Additional environment details (AWS, VirtualBox, physical, etc.):
Physical box with a less unstable kernel from Fedora 31.

Linux jennycloud 5.3.15-300.fc31.x86_64 #1 SMP Thu Dec 5 15:04:01 UTC 2019 x86_64 x86_64 x86_64 GNU/Linux

kinbug stale-issue

Source

pgporada

All 9 comments

So the healthcheck log filled up an used all of your disk space?

rhatdan on 19 Dec 2019

It was a combination of plex metadata and /var/log/messages filling up with that podman message that caused this little server to fill up its disk.

Thank you Dan.

pgporada on 19 Dec 2019

Why do you think this is a podman issue? What could podman have done to prevent it?

rhatdan on 19 Dec 2019

I don't think that podman could have prevented it, but I guess a cleaner error instead of the following might be better?

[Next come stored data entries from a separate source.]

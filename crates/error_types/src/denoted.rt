ghost use Rattle.std.specs.Prelude.{◌≡◌, [], flat_map, map, IfOk, OnOk, Some, true, false};
ghost use Rattle.plain_values.specs.Order.{nearer};
ghost use Rattle.error_types.specs.inner.Rows.{Adds, AreTypeRows, Remembers, row_of, types_below};
ghost use Rattle.error_libraries.specs.Search.{named};
ghost use Rattle.error_types.specs.Types.{base_of};
ghost use Rattle.error_types.specs.Walk.{reached, term_first, term_types, terms_first};

use crate::hierarchy::rows_of;
use crate::memory::Memory;
use crate::reach::{join_row, reached};
use crate::row::Row;
use aadl_syntax::{Ref, Term};
use error_libraries::{Declarations, ItemId, Scope};
use plain_values::{Code, FirstRefusal, List, Mem, Refusal};
use std::alloc::Global;
use std::collections::HashMap;

/// What is gathered of written terms: the row of the types that they denote, and the first refusal.
#[derive(Drop)]
struct Gathered {
    row: Row,
    first: FirstRefusal,
}

/// What is remembered at first: the rows of the types.
pub(crate) fn memory_of(
    alloc: Global,
    declarations: &Declarations<'_, '_>,
    bases: &[Option<u32>],
) -> Mem<Memory>
    requires { bases.now ≡ map (base_of declarations.now) declarations.now.types }
    ensures { IfOk result (Remembers declarations.now) }
{
    Ok(Memory {
        rows: types_rows(alloc, declarations, bases)?,
        items: HashMap::new(alloc),
        tried: HashMap::new(alloc),
    })
}

/// The rows of the types, which extend these.
fn types_rows(
    alloc: Global,
    declarations: &Declarations<'_, '_>,
    bases: &[Option<u32>],
) -> Mem<List<Row>>
    requires { bases.now ≡ map (base_of declarations.now) declarations.now.types }
    ensures { IfOk result (AreTypeRows declarations.now) }
{
    let _ = declarations.types();
    rows_of(alloc, bases)
}

/// The types that terms denote, rising. Their first refusal is noted.
pub(crate) fn denoted<'a>(
    alloc: Global,
    declarations: &mut Declarations<'_, 'a>,
    memory: &mut Memory,
    scope: &Scope,
    terms: &'a [Term],
    first: &mut FirstRefusal,
) -> Mem<List<u32>>
    requires { Remembers declarations.old memory.old }
    ensures kept { declarations.new ≡ declarations.old }
    ensures memory { Remembers declarations.old memory.new }
    ensures types { IfOk result (λ types. types ≡ types_below declarations.old (flat_map (term_types declarations.old scope.now) terms.now)) }
    ensures first { OnOk result (first.new ≡ nearer first.old (terms_first declarations.old scope.now terms.now)) }
{
    let row = Row::new(alloc, declarations.types().len() as u32)?;
    let mut gathered = Gathered {
        row,
        first: FirstRefusal::new(),
    };
    add_terms(alloc, declarations, memory, scope, terms, &mut gathered)?;
    first.note_some(gathered.first.noted());
    gathered.row.numbers(alloc)
}

/// Gathers the types that terms denote. Their first refusal is noted.
fn add_terms<'a>(
    alloc: Global,
    declarations: &mut Declarations<'_, 'a>,
    memory: &mut Memory,
    scope: &Scope,
    terms: &'a [Term],
    gathered: &mut Gathered,
) -> Mem<()>
    requires memory { Remembers declarations.old memory.old }
    requires row { gathered.old.row ≡ row_of declarations.old [] }
    ensures kept { declarations.new ≡ declarations.old }
    ensures memory { Remembers declarations.old memory.new }
    ensures row { OnOk result (gathered.new.row ≡ row_of declarations.old (flat_map (term_types declarations.old scope.now) terms.now)) }
    ensures first { OnOk result (gathered.new.first ≡ nearer gathered.old.first (terms_first declarations.old scope.now terms.now)) }
{
    for term in terms {
        add_term(alloc, declarations, memory, scope, term, gathered)?;
    }
    Ok(())
}

/// The same of a term.
fn add_term<'a>(
    alloc: Global,
    declarations: &mut Declarations<'_, 'a>,
    memory: &mut Memory,
    scope: &Scope,
    term: &'a Term,
    gathered: &mut Gathered,
) -> Mem<()>
    requires { Remembers declarations.old memory.old }
    ensures kept { declarations.new ≡ declarations.old }
    ensures memory { Remembers declarations.old memory.new }
    ensures row { OnOk result (Adds declarations.old gathered.old.row gathered.new.row (term_types declarations.old scope.now term.now)) }
    ensures first { OnOk result (gathered.new.first ≡ nearer gathered.old.first (term_first declarations.old scope.now term.now)) }
{
    match term {
        Term::NoError(_) => Ok(()),
        Term::Product(spot) => {
            gathered.first.note(Refusal::at(Code::TypeProduct, *spot));
            Ok(())
        }
        Term::One(reference) => {
            add_name(alloc, declarations, memory, scope, reference, gathered)
        }
    }
}

/// The same of a name.
fn add_name<'a>(
    alloc: Global,
    declarations: &mut Declarations<'_, 'a>,
    memory: &mut Memory,
    scope: &Scope,
    reference: &'a Ref,
    gathered: &mut Gathered,
) -> Mem<()>
    requires { Remembers declarations.old memory.old }
    ensures kept { declarations.new ≡ declarations.old }
    ensures memory { Remembers declarations.old memory.new }
    ensures row { OnOk result (Adds declarations.old gathered.old.row gathered.new.row (reached false declarations.old (named declarations.old scope.now reference.now).target).types) }
    ensures first { OnOk result (gathered.new.first ≡ nearer gathered.old.first (nearer (named declarations.old scope.now reference.now).first (reached true declarations.old (named declarations.old scope.now reference.now).target).first)) }
{
    let mut met = FirstRefusal::new();
    let target = declarations.named(alloc, scope, reference, &mut met)?;
    add_reached(
        alloc,
        declarations,
        memory,
        target,
        &mut gathered.row,
        &mut met,
    )?;
    gathered.first.note_some(met.noted());
    Ok(())
}

/// Puts the types that are reached from what a name means into a row. The first refusal from it on is noted.
fn add_reached(
    alloc: Global,
    declarations: &mut Declarations<'_, '_>,
    memory: &mut Memory,
    target: Option<ItemId>,
    row: &mut Row,
    first: &mut FirstRefusal,
) -> Mem<()>
    requires { Remembers declarations.old memory.old }
    ensures kept { declarations.new ≡ declarations.old }
    ensures memory { Remembers declarations.old memory.new }
    ensures row { OnOk result (Adds declarations.old row.old row.new (reached false declarations.old target).types) }
    ensures first { OnOk result (first.new ≡ nearer first.old (reached true declarations.old target).first) }
{
    let Some(id) = target else {
        return Ok(());
    };
    let found = reached(alloc, declarations, memory, id)?;
    first.note_some(found.first);
    join_row(memory, row, found.row);
    Ok(())
}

readObjectStart: expect { or n, but found
 , error found in #0 byte of ...||..., bigger context ...||...

pgporada on 19 Dec 2019

That is what the healthcheck is saying?

rhatdan on 19 Dec 2019

The error comes from here:

if err := json.Unmarshal(b, &healthCheck); err != nil {
        return healthCheck, errors.Wrapf(err, "failed to unmarshal existing healthcheck results in %s", c.healthCheckLogPath())
    }

I suspect that the "last" update to the log fails because it cannot write the full entry and therefore is no longer valid JSON. Upon read, it then throws this error. I don't think we want to specifically check for a full volume here do we? I could add to the error message that this could be a possible problem?

baude on 19 Dec 2019

A friendly reminder that this issue had no activity for 30 days.

github-actions[bot] on 19 Jan 2020

@pgporada are you satisfied with the response? Can we close this issue?

rhatdan on 19 Jan 2020

❤1

I'll take a stab at it and close the issue. Improving this specific error seems like a symptomatic fix to me as we cannot really give any guarantee of a proper/correct behavior if the disk is full. There are so many other commands that would fail in many different ways.